Experiments and simulations have confirmed the effectiveness of this pulsed technique. In the heatsink-free scenario tested by Dziurdzia et al. [12], a TEG switching between a 30 °C heat source and ambient air produced an order of magnitude more power on average compared to the same TEG in continuous contact with the heat source.

It should be noted that such pulsed heat harvesting requires additional control circuitry to connect and disconnect the TEG and is suitable for low-power applications where the control complexity is justified by the power increase. Nevertheless, the pulsed technique is a novel way to harvest energy using a Peltier device without a large heatsink. This technique exploits the thermal time constants of the TEG to avoid steady-state saturation.

While a traditional heatsink is still the simplest way to extract energy from a thermoelectric generator, recent research shows that heatsink-free energy harvesting is possible with innovative strategies such as pulsed control. This technique allows for the use of more compact TEGs in applications where a large heatsink is impractical and it also solves the thermalization problem. The pulsed technique can better address the intermittent power demands of IoT nodes.

The main objective of the work is to demonstrate development and experimental verification of an electrothermal model of a heatsink-less thermoelectric generator in a thermalization state as the preliminary study of more complex detailed modeling and simulation of a TEG transient state operation.

The collection of possible three states of TEM operation is presented in Figure 1. At the very left side there is a classical thermoelectric generator attached to a heatsink and harvesting energy from a heat source at T_h. In the middle there is a heatsink-less TEG working in a thermalization state, where its cold plate is exposed directly to the ambient environment. Finally, the last option is a heatsink-less TEG working in the pulsed-mode of operation (imposed, for example, by vibrations). In the last case the energy is harvested by the heatsink-less TEG between two thermalization states, at the heat source and ambient temperatures, respectively.
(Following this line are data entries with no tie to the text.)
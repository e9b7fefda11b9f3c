//! What is shown of a connection's state. The program does not make a `View`, which is for users of the library: it
//! writes the text of what is lent (`Shown`, in `show`). Definition: h2_spec's `specs/Texts/View.antt`.

ghost use Rattle.std.specs.Prelude.{◌≡◌, ◌<◌, ◌^◌, IfOk, length, map, nat_lt, option_map, slice_get};
ghost use Rattle.h2_spec.specs.Hpack.Field.{field};
ghost use Rattle.h2_hpack_list.specs.Lent.{lent_field};
ghost use Rattle.h2_spec.specs.Texts.View.{shown_stream};

use crate::lists::{Entries, StreamViews};
use h2_hpack_instruction::field::Field;
use h2_spec::connection::{BlockView, ConnectionState, Phase};
use h2_spec::flow::{Credit, LocalSettings, Settings, Window};
use h2_spec::streams::{Stream, StreamView};
use h2_streams::Streams;
use h2_table::DynTable;
use std::alloc::{AllocError, Allocator};
use std::marker::Model;

/// What is shown of a connection's state.
#[derive(Drop)]
pub struct View<A: Allocator> {
    /// How far the connection has got (RFC 9113, 3.4 and 5.4.1).
    pub phase: Phase,
    /// The highest client stream whose request block has ended, 0 at first.
    pub last: u32,
    /// The receive window of the connection (RFC 9113, 6.9).
    pub recv: Window,
    /// Octets received that the server has not yet given back by WINDOW_UPDATE.
    pub owed: Credit,
    /// The send window of the connection (RFC 9113, 6.9).
    pub send: Window,
    /// The peer's settings.
    pub peer: Settings,
    /// Whether the peer has acknowledged the server's settings.
    pub acked: bool,
    /// The server's settings that are in force (RFC 9113, 6.5.3).
    pub own: LocalSettings,
    /// Whether the next field block has to begin with a size update (RFC 7541, 4.2).
    pub due: bool,
    /// The last stream and the code of the latest GOAWAY received.
    pub goaway: Option<(u32, u32)>,
    /// The open field block.
    pub block: Option<BlockView>,
    /// The dynamic table, the newest entry first (RFC 7541, 2.3.2).
    pub table: Entries<A>,
    /// What the entries count (RFC 7541, 4.1).
    pub table_size: usize,
    /// The table's maximum (RFC 7541, 4.2).
    pub table_max: u32,
    /// The streams in the order of their opening.
    pub streams: StreamViews<A>,
}

impl<A: Allocator> Model for View<A> {
    ghost use Rattle.h2_spec.specs.Texts.View as spec;

    ghost Value = { spec.View };

    ghost view = { λ v. record {
      phase = v.phase;
      last = v.last;
      recv = v.recv;
      owed = v.owed;
      send = v.send;
      peer = v.peer;
      acked = v.acked;
      own = v.own;
      due = v.due;
      goaway = v.goaway;
      block = v.block;
      table = v.table;
      table_size = v.table_size;
      table_max = v.table_max;
      streams = v.streams;
    } };
}

/// The field of this name and this value, in memory of its own.
fn field_of<A: Allocator + Copy>(
    alloc: A,
    name: &[u8],
    value: &[u8],
) -> Result<Field<A>, AllocError>
    ensures { IfOk result (λ copy. copy ≡ field name.now value.now) }
{
    let name = Vec::from_slice(alloc, name)?;
    let value = Vec::from_slice(alloc, value)?;
    Ok(Field::new(name, value))
}

/// How many entries there are: each counts 32 octets or more, and all together at most the maximum.
pub(crate) fn count_of<A: Allocator>(table: &DynTable<A>) -> usize
    ensures count { result ≡ length table.now.table.entries }
    ensures few { result < 2 ^ 32 }
{
    let _size = table.size();
    let _max = table.max();
    table.len()
}

/// The name and the value of the entry at a place, 0 for the newest.
pub(crate) fn entry_at<A: Allocator>(table: &DynTable<A>, place: usize) -> Option<(&[u8], &[u8])>
    requires few { place < 2 ^ 63 }
    ensures { option_map lent_field result ≡ slice_get table.now.table.entries place }
{
    table.get(place + 1)
}

/// The entries of a header table, the newest first.
fn entries_of<A: Allocator + Copy>(
    alloc: A,
    table: &DynTable<A>,
) -> Result<Vec<Field<A>, A>, AllocError>
    ensures { IfOk result (λ fields. fields.items ≡ table.now.table.entries) }
{
    let mut fields = Vec::new(alloc);
    while let Some((name, value)) = entry_at(table, fields.len()) {
        fields.push(field_of(alloc, name, value)?)?;
    }
    Ok(fields)
}

/// What is shown of a stream.
pub(crate) fn shown_stream(stream: &Stream) -> StreamView
    ensures { result ≡ shown_stream stream.now }
{
    StreamView {
        id: stream.id,
        kind: stream.kind,
        numbers: stream.numbers,
    }
}

/// What is shown of the streams, in the order of their opening.
fn streams_of<A: Allocator + Copy>(
    alloc: A,
    streams: &Streams<A>,
) -> Result<Vec<StreamView, A>, AllocError>
    ensures { IfOk result (λ views. views.items ≡ map shown_stream streams.now.streams) }
{
    let mut views = Vec::new(alloc);
    while let Some(stream) = streams.at(views.len()) {
        views.push(shown_stream(&stream))?;
    }
    Ok(views)
}

/// Whether the next field block has to begin with a size update: the limit that is in force is below the table's
/// maximum (RFC 7541, 4.2).
pub(crate) fn is_due<A: Allocator>(core: &ConnectionState, table: &DynTable<A>) -> bool
    ensures { result ≡ nat_lt core.now.own.table table.now.table.max }
{
    core.own.table < table.max()
}

/// What is shown of a connection's state, lent from it: the parts that a view is made of.
#[derive(Drop)]
pub struct Shown<'s, A: Allocator> {
    /// The counts of the connection.
    pub core: ConnectionState,
    /// The open field block.
    pub block: Option<BlockView>,
    /// The dynamic table of the client's field blocks.
    pub table: &'s DynTable<A>,
    /// The records of all streams that were opened.
    pub streams: &'s Streams<A>,
}

impl<'s, A: Allocator> Model for Shown<'s, A> {
    ghost use Rattle.h2_spec.specs.Texts.View.{View, view_of};

    ghost Value = { View };

    ghost view = { λ s. view_of s.core s.block s.table.now.table s.streams.now.streams };
}

impl<A: Allocator + Copy> Shown<'_, A> {
    /// The view, with the fields and the streams in memory of its own.
    ///
    /// `AllocError` where memory for the entries of the header table and for the streams is refused.
    pub fn view(&self, alloc: A) -> Result<View<A>, AllocError>
        ensures { IfOk result (λ view. view ≡ self.now) }
    {
        let table = entries_of(alloc, self.table)?;
        let streams = streams_of(alloc, self.streams)?;
        Ok(self.view_with(table, streams))
    }

    /// The view that has these fields and these streams, which are copies of what it lends.
    fn view_with(&self, table: Vec<Field<A>, A>, streams: Vec<StreamView, A>) -> View<A>
        requires table { table.items ≡ self.now.table }
        requires streams { streams.items ≡ self.now.streams }
        ensures { result ≡ self.now }
    {
        View {
            phase: self.core.phase,
            last: self.core.last,
            recv: self.core.recv,
            owed: self.core.owed,
            send: self.core.send,
            peer: self.core.peer,
            acked: self.core.acked,
            own: self.core.own,
            due: is_due(&self.core, self.table),
            goaway: self.core.goaway,
            block: self.block,
            table: Entries::new(table),
            table_size: self.table.size(),
            table_max: self.table.max(),
            streams: StreamViews::new(streams),
        }
    }
}
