//! What is shown of a connection's state, and its text, line by line. The definitions are View and Show of `h2_spec`.
#![tactic(auto)]

pub mod hex_text;
mod lines;
pub mod lists;
pub mod show;
pub mod view;
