//! The lists that a view owns: small types over a list that contracts see as the list itself.

ghost use Rattle.std.specs.Prelude.{◌≡◌};

use h2_hpack_instruction::field::Field;
use h2_spec::streams::StreamView;
use std::alloc::Allocator;
use std::marker::Model;

/// The entries of a header table, the newest first.
#[derive(Drop)]
pub struct Entries<A: Allocator> {
    items: Vec<Field<A>, A>,
}

impl<A: Allocator> Model for Entries<A> {
    ghost use Rattle.std.specs.Prelude.{List};
    ghost use Rattle.h2_spec.specs.Hpack.Field as spec;

    ghost Value = { List spec.Field };

    ghost view = { λ e. e.items.items };
}

impl<A: Allocator> Entries<A> {
    /// These entries; no memory is taken.
    pub fn new(items: Vec<Field<A>, A>) -> Self
        ensures { result ≡ items.items }
    {
        Entries { items }
    }

    /// The entries, in their order.
    pub fn as_slice(&self) -> &[Field<A>]
        ensures { result.now ≡ self.now }
    {
        self.items.as_slice()
    }

    /// The entries as a list of its own; the value is given up and no memory is taken.
    pub fn into_vec(self) -> Vec<Field<A>, A>
        ensures { result.items ≡ self }
    {
        self.items
    }
}

/// What is shown of streams, in the order of their opening.
#[derive(Drop)]
pub struct StreamViews<A: Allocator> {
    items: Vec<StreamView, A>,
}

impl<A: Allocator> Model for StreamViews<A> {
    ghost use Rattle.std.specs.Prelude.{List};
    ghost use Rattle.h2_spec.specs.declared.streams.StreamView as spec;

    ghost Value = { List spec.StreamView };

    ghost view = { λ s. s.items.items };
}

impl<A: Allocator> StreamViews<A> {
    /// These streams; no memory is taken.
    pub fn new(items: Vec<StreamView, A>) -> Self
        ensures { result ≡ items.items }
    {
        StreamViews { items }
    }

    /// The streams, in their order.
    pub fn as_slice(&self) -> &[StreamView]
        ensures { result.now ≡ self.now }
    {
        self.items.as_slice()
    }

    /// The streams as a list of its own; the value is given up and no memory is taken.
    pub fn into_vec(self) -> Vec<StreamView, A>
        ensures { result.items ≡ self }
    {
        self.items
    }
}
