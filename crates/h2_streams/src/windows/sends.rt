//! The send windows of records, kept apart from them: one SETTINGS moves the windows of all streams (RFC 9113, 6.9.2), and
//! the records are the same then but for these. Definitions: `specs/Sends.antt`.

ghost use Rattle.std.specs.Prelude.{◌≡◌, ◌↔◌, IfOk, map, pos, true};
ghost use Rattle.h2_spec.specs.Change as changes;
ghost use Rattle.h2_streams.specs.Sends as spec;

use h2_spec::flow::{Credit, Window};
use h2_spec::streams::{Numbers, Pick, Stream, StreamState};
use std::alloc::{AllocError, Allocator};
use std::marker::Model;
use std::rc::Rc;

/// The record of a stream without its send window; contracts see the record, with a send window of 0.
#[derive(Drop)]
pub(crate) struct Record {
    id: u32,
    kind: StreamState,
    recv: Window,
    owed: Credit,
    content_received: u64,
    declared: Option<u64>,
    body_remaining: Option<u64>,
    pick: Pick,
}

impl Model for Record {
    ghost use Rattle.std.specs.Prelude.{pos};
    ghost use Rattle.h2_spec.specs.declared.streams.Stream as streams;

    ghost Value = { streams.Stream };

    ghost view = { λ r. record { id = r.id; kind = r.kind; numbers = record { recv = r.recv; owed = r.owed; send = pos 0; content_received = r.content_received; declared = r.declared; body_remaining = r.body_remaining }; pick = r.pick } };
}

impl Record {
    /// The record without its send window.
    pub(crate) fn of(stream: &Stream) -> Self
        ensures { result ≡ spec.without_send stream.now }
    {
        let numbers = &stream.numbers;
        Record {
            id: stream.id,
            kind: stream.kind,
            recv: numbers.recv,
            owed: numbers.owed,
            content_received: numbers.content_received,
            declared: numbers.declared,
            body_remaining: numbers.body_remaining,
            pick: stream.pick,
        }
    }

    /// The stream's identifier.
    pub(crate) fn id(&self) -> u32
        ensures { result ≡ self.now.id }
    {
        self.id
    }

    /// The record with this send window.
    pub(crate) fn with_send(&self, send: Window) -> Stream
        ensures { result ≡ changes.with_send self.now send }
    {
        Stream {
            id: self.id,
            kind: self.kind,
            numbers: Numbers {
                recv: self.recv,
                owed: self.owed,
                send,
                content_received: self.content_received,
                declared: self.declared,
                body_remaining: self.body_remaining,
            },
            pick: self.pick,
        }
    }

    /// Whether it is this record without its send window.
    pub(crate) fn is(&self, stream: &Stream) -> bool
        ensures { (result ≡ true) ↔ (self.now ≡ spec.without_send stream.now) }
    {
        self.id == stream.id
            && self.kind == stream.kind
            && self.counts(&stream.numbers)
            && self.pick == stream.pick
    }

    /// Whether it counts the same, but for the send window.
    fn counts(&self, numbers: &Numbers) -> bool
        ensures { (result ≡ true) ↔ (self.now.numbers ≡ record numbers.now { send = pos 0 }) }
    {
        self.recv.value() == numbers.recv.value()
            && self.owed.owed() == numbers.owed.owed()
            && self.content_received == numbers.content_received
            && self.declared == numbers.declared
            && self.body_remaining == numbers.body_remaining
    }
}

/// Whether these are the send windows of the records.
fn are_sends_of(sends: &[Window], streams: &[Stream]) -> bool
    ensures { (result ≡ true) ↔ (sends.now ≡ map spec.send_of streams.now) }
{
    if sends.len() != streams.len() {
        return false;
    }
    for i in 0..streams.len() {
        if sends[i].value() != streams[i].numbers.send.value() {
            return false;
        }
    }
    true
}

// Send windows are a list apart in a checkpoint: one SETTINGS of 15 octets moves all of them, and 1,000
// records would be copied for it.
/// The send windows of the records.
fn sends_of<A: Allocator>(streams: &[Stream], alloc: A) -> Result<Vec<Window, A>, AllocError>
    ensures { IfOk result (λ sends. sends.items ≡ map spec.send_of streams.now) }
{
    let mut sends = Vec::with_capacity(alloc, streams.len())?;
    for stream in streams {
        sends.push(stream.numbers.send)?;
    }
    Ok(sends)
}

/// The send windows of the records, in memory that can be shared.
pub(crate) fn new_sends<A: Allocator + Copy>(
    streams: &[Stream],
    alloc: A,
) -> Result<Rc<Vec<Window, A>, A>, AllocError>
    ensures { IfOk result (λ sends. sends.value.items ≡ map spec.send_of streams.now) }
{
    let sends = sends_of(streams, alloc)?;
    match Rc::new(alloc, sends) {
        Ok(sends) => Ok(sends),
        Err(_) => Err(AllocError),
    }
}

/// The send windows of the records, shared with earlier ones where those are the same.
pub(crate) fn next_sends<A: Allocator + Copy>(
    streams: &[Stream],
    earlier: &Rc<Vec<Window, A>, A>,
    alloc: A,
) -> Result<Rc<Vec<Window, A>, A>, AllocError>
    ensures { IfOk result (λ sends. sends.value.items ≡ map spec.send_of streams.now) }
{
    if are_sends_of(earlier.as_ref().as_slice(), streams) {
        return Ok(earlier.clone()?);
    }
    new_sends(streams, alloc)
}
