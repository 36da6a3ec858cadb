// The messages: bytes 0, 1, 2, .. and joined requests.
use forms::nonce::LEN;
use forms::request::Request;
use forms::terms::CounterId;

pub(crate) fn counted() -> [u8; 256] {
    let mut s = [0u8; 256];
    for (byte, count) in s.iter_mut().zip(0..=255) {
        *byte = count;
    }
    s
}

// A request's bytes: a nonce of bytes b, a counter and the value held before.
pub(crate) fn request(b: u8, counter: u32, before: u32) -> [u8; Request::LEN] {
    let mut s = [0u8; Request::LEN];
    Request::new([b; LEN], CounterId(counter), before).write(&mut s, 0);
    s
}
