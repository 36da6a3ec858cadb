// Digests written in hexadecimal, one a line.
ghost use Rattle.std.specs.Prelude.{◌<◌};

use digest::sha1::sha1;
use std::{fmt, io};

// The twenty bytes of a digest.
#[derive(Clone, Copy)]
struct Digest([u8; 20]);

impl fmt::Display for Digest {
    fn fmt<W: fmt::Write>(&self, f: &mut fmt::Formatter<W>) -> fmt::Result {
        for byte in self.0 {
            write!(f, "{byte:02x}")?;
        }
        Ok(())
    }
}

pub(crate) fn show(rt: &impl Print, message: &[u8]) -> io::Result<()> {
    println!(rt; "{}", Digest(sha1(message)))
}

// The digests of the first bytes of a message, from none to all by steps.
pub(crate) fn show_lengths(rt: &impl Print, message: &[u8], step: usize) -> io::Result<()>
    requires { 0 < step }
{
    for len in (0..=message.len()).step_by(step) {
        show(rt, &message[..len])?;
    }
    Ok(())
}
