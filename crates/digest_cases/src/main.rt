// The SHA-1 digests of published strings, of every length from 0 to 256, and of joined requests, one a line in hexadecimal. The expected output
// is calculated by another implementation and not by this program.
#![tactic(auto)]

mod message;
mod show;

use forms::request::Request;
use message::{counted, request};
use show::{show, show_lengths};
use std::io;

fn main(rt: HostRuntime) -> io::Result<()> {
    show(&rt, b"")?;
    show(&rt, b"abc")?;
    show(
        &rt,
        b"abcdbcdecdefdefgefghfghighijhijkijkljklmklmnlmnomnopnopq",
    )?;
    show(
        &rt,
        b"abcdefghbcdefghicdefghijdefghijkefghijklfghijklmghijklmnhijklmnoijklmnopjklmnopqklmnopqrlmnopqrsmnopqrstnopqrstu",
    )?;
    show(&rt, &[b'a'; 10000])?;
    show_lengths(&rt, &counted(), 1)?;
    let two = [request(1, 7, 100), request(2, 9, 100)];
    show_lengths(&rt, two.as_flattened(), Request::LEN)?;
    let three = [request(3, 9, 101), request(4, 7, 101), request(6, 11, 100)];
    show_lengths(&rt, three.as_flattened(), Request::LEN)?;
    let eight = [
        request(1, 7, 100),
        request(2, 8, 100),
        request(3, 9, 100),
        request(4, 10, 100),
        request(5, 11, 100),
        request(6, 12, 100),
        request(7, 13, 100),
        request(8, 14, 100),
    ];
    show_lengths(&rt, eight.as_flattened(), Request::LEN)
}
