//! Pages that calls about some keys will read are fetched from memory ahead, side by side, by peeks: loads that are no events, of whose words
//! nothing is believed. What they tell is a guess at the leaf that covers a key. A search looks first at the page that was guessed, and any
//! page will do for that: where it is wrong the search takes longer, and answers the same.

ghost use Rattle.std.specs.Prelude.{◌≤◌};
ghost use Rattle.bl_store.specs.Owners.{IsPeekIn};

use crate::tree::Tree;
use bl_model::limits::MOST_LEVELS;
use bl_page::{HEAD, KEY_BEFORE, KIND_UNIT, LEVEL_BEFORE, LEVEL_UNIT, WORD_BEFORE};
use bl_store::Peek;

/// So many keys are looked after side by side.
pub const ABREAST: usize = 8;

/// No tree has more levels.
const TOP: u64 = MOST_LEVELS as u64;

/// 1 where that key of a page, counted from 1, is at or below a key, and 0 where it is above it or stands behind the pairs. Only the
/// first key may be 0, so the zeros behind the pairs are told from the others by what is one less. A branch would be missed for a third of
/// the keys.
#[inline(always)]
fn reached(tree: &Tree, peek: Peek, which: usize, key: u64) -> usize
    requires there { IsPeekIn tree.now.store peek }
    requires which { which ≤ 14 }
    ensures most { result ≤ 1 }
{
    let one_less = tree
        .store
        .peek_word(peek, KEY_BEFORE + 2 * which)
        .wrapping_sub(1);
    if one_less < key { 1 } else { 0 }
}

/// The place before the part of a page in which the place of a key is: each part has three keys.
#[inline(always)]
fn part_of(tree: &Tree, peek: Peek, key: u64) -> usize
    requires there { IsPeekIn tree.now.store peek }
    ensures most { result ≤ 11 }
{
    let fourth = reached(tree, peek, 4, key);
    let eighth = reached(tree, peek, 8, key);
    let eleventh = reached(tree, peek, 11, key);
    4 * fourth + 4 * eighth + 3 * eleventh
}

/// The child to which the way to a key goes on, if the words are those of an inner page that covers it.
#[inline(always)]
fn child_at(tree: &Tree, peek: Peek, key: u64) -> u32
    requires there { IsPeekIn tree.now.store peek }
{
    let before = part_of(tree, peek, key);
    let below = reached(tree, peek, before + 1, key);
    let first = if before == 0 { 1 } else { below };
    let second = reached(tree, peek, before + 2, key);
    let third = reached(tree, peek, before + 3, key);
    let place = before + first + second + third;
    page_in(tree.store.peek_word(peek, WORD_BEFORE + 2 * place))
}

/// The number of a page in a word.
#[inline(always)]
fn page_in(word: u64) -> u32 {
    (word % KIND_UNIT) as u32
}

/// The leftmost page of the top level, and how many levels there are.
#[inline(always)]
fn top_of(tree: &Tree) -> (u32, u64)
    ensures { result.1 ≤ 12 }
{
    let Some(peek) = tree.store.peek_page(0) else {
        return (0, 0);
    };
    let levels = (tree.store.peek_word(peek, HEAD) % LEVEL_UNIT).min(TOP);
    let top = tree.store.peek_word(peek, LEVEL_BEFORE + levels as usize);
    (page_in(top), levels)
}

impl Tree {
    /// The leaves that seem to cover the first of these keys, eight at most. They are fetched. The ways to them go down side by side, so that
    /// the thread waits for the lines of all at once: on each level first for the words of all pages, then for their frames.
    pub fn fetch_leaves(&self, keys: &[u64]) -> [u32; ABREAST] {
        let (top, levels) = top_of(self);
        let mut pages = [top; ABREAST];
        for _level in 1..levels {
            for page in pages {
                self.store.peek_page(page);
            }
            for (page, key) in pages.iter_mut().zip(keys) {
                if let Some(peek) = self.store.peek_page(*page) {
                    *page = child_at(self, peek, *key);
                }
            }
        }
        for page in pages {
            self.store.fetch_whole(page);
        }
        pages
    }
}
To clarify the meaning of the “thermalization” term, in Figure 2 we plot the voltage of a TEM with 3 Ω load. Till the 40th second the TEG had ambient temperature, so there was no output voltage. In the 40th second it had been attached to the heat source T_h = 50 °C. We can see a rapid change in the output voltage to about 370 mV in a transient state, and after 100 s from the beginning of the experiment we can observe that the output voltage is steady. It means that the temperature difference at both sides of the TEM is constant.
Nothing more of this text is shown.